How many "rules" are really necessary?

I usually look through the WebPagetest logs daily to get a feel for how the sites people are testing look from an optimization perspective and I’d say well over 90% aren’t even doing the basics (I plan on pulling stats together to have actual figures but it’s a good ballpark). Part of me wonders if they are getting overwhelmed aand if some of the things that are checked even really matter (in the grand scale of things). I think there’s a really big fall-off on impact once you get past the first few rules so I figured I’d spark a little discussion on the topic .

Sort of a mix between YSlow and Pagetest rules, here are the ones that I think have the largest impact and are universal (aka “rules”):

Minimize HTTP requests: Be-it by combining css/js, using image sprites or otherwise, this is absolutley critical to improving performance.

Enable Persistent Connections: Saving a round trip for every request can add up pretty fast and it’s scary how often it isn’t enabled.

Properly Compress your content: Gzip your text and make sure your images are properly compressed (smush.it or otherwise).

Make your static content cacheable: Only helps for repeat visitors but this one is also very scary how often it isn’t done.

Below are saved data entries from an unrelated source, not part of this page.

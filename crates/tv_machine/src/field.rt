//! Fields: the controls whose values are saved.

ghost use Rattle.std.specs.Prelude.{◌≡◌};
ghost use Rattle.tv_machine.specs.Safe.{is_field};

use tv_model::Kind;

/// Whether a control of the kind has a value that is saved.
pub fn is_field(kind: &Kind) -> bool
    ensures { result ≡ is_field kind.now }
{
    matches!(
        kind,
        Kind::Input(_) | Kind::CheckBoxes(_) | Kind::RadioButtons(_) | Kind::List(_)
    )
}
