//! What a script asks for.

use tv_event::Event;

/// An item of a script; a typed character is the event of its key.
#[derive(Debug, Drop)]
pub enum Item {
    /// A key or a mouse event.
    Event(Event),
    /// The characters of the screen.
    Shot,
    /// The attributes of the screen.
    Colors,
}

I’m kind of on the fence about CDN’s. They can hide a lot of sins (particularly around the number of requests) and only apply to sites that are large enough to justify it but that don’t have their own geo-distributed infrastructure.

Everything else is kind of interesting to look at if you are trying to squeeze every last bit of performance out of your site but the payoff drops significantly and there are usually going to be a lot of caveats that make them not universally applicable. Once you reach that level of optimization I think you’re going to be hand-analyzing the waterfalls and the pages anyway to find your specific bottlenecks (like javascript selectors, etc).

Thoughts?

-Pat

Pat,

your 4 rules are spot on and can be considered the basics. Cover these basics and your site will most likely be in good shape.

I have two suggestions for improving Webpagetest.

  1. Weight
    Currently, when looking at a Webpagetest report (tab: Performance Review), it’s not clear what are the most important problems.
    I think it would add value to indicate a weight to each checkpoint. Cache Static = high, No ETags = low, …

  2. CDN
    For many websites, using a big, global CDN like Akamai does not make sense.
    I’ve done many tests on high-traffic sites that only serve people from The Netherlands and Webpagetest will show a bunch of errors in the report for ‘Use a CDN’. It’s not correct to mark this as a problem.
    My suggestion: following Yslow, make it an option to de-activate the CDN check before running the test.

  3. Javascript
    Nowadays, Javascript contributes largely to the slowness of web pages.
    You can have a web page that follows your 4 above mentioned rules, and still be slow because of the JS in the page.
    Checking for JS in the page is a good start (Yslow) but there is more to it. Perhaps you can add the check for inline scripts, which have a strong blocking effect.

I hope this helps.

  • Aaron

Thanks for the feedback…

They are theoretically sorted from most important to least (left-to right) but I’m not convinced the current sort order is correct either (which puts persistent connections off to the middle of the pack). I think I’m going to re-do the checklist UI to make it a lot clearer, calling out the items above specifically in an “important” section and having the others off to the side in an “other checks” bucket.

Yep. Haven’t decided how best to expose this. I think I still want to run all of the checks at test time but then decide what to show when you go look. The question is where do I store the decision of what to display? Do I tie it to a cookie that is user-based (or login) so all of the tests you look at have the same checks? That works well for a preference but if you want to share a test result with someone they will see different checks. Maybe I can store as defaults for any given test whatever the preferences are for the person who ran the test and override it if someone viewing has different preferences.

Gets to be a bit of a hairball so I need to spend a little bit of time thinking how best to do it.

Yep. We’ve started to play with this lightly but looking at it from the execution path. Right now I’m checking for inefficient JQuery selectors which we have seen seriously bog down our sites. It’s only in the text form of the report currently but once we haave a good set of checks a “javascript best practices” check in the checklist is probably warranted.

A CDN is unnecessary if you only serve users in a well-connected region. For example, we find the we can serve users in Western Europe from Germany without noticeable benefit from Akamai.

However, if you want to serve more than one continent from one location, a CDN can be very helpful (China counts as a separate continent due to its censorship walls). For example, some page loading times in Asia went down by a factor of 3 using Akamai instead of serving from Germany.

Hi Pat,
Great Post, I am kind of a novice in this area, and it sounds like Google is going to put some emphasis on fast loading sites. I didn’t understand how to improve all these paramters on my site. Can you do a small “how to” guide of how to improve each thing.

I’m working on some docs right now. Haven’t gotten to the “how to fix” info yet but it should be ready in the next couple of weeks.

Thanks,

-Pat

Thanks, I am sure this will benefit the whole community.
Please let me know, when you have something.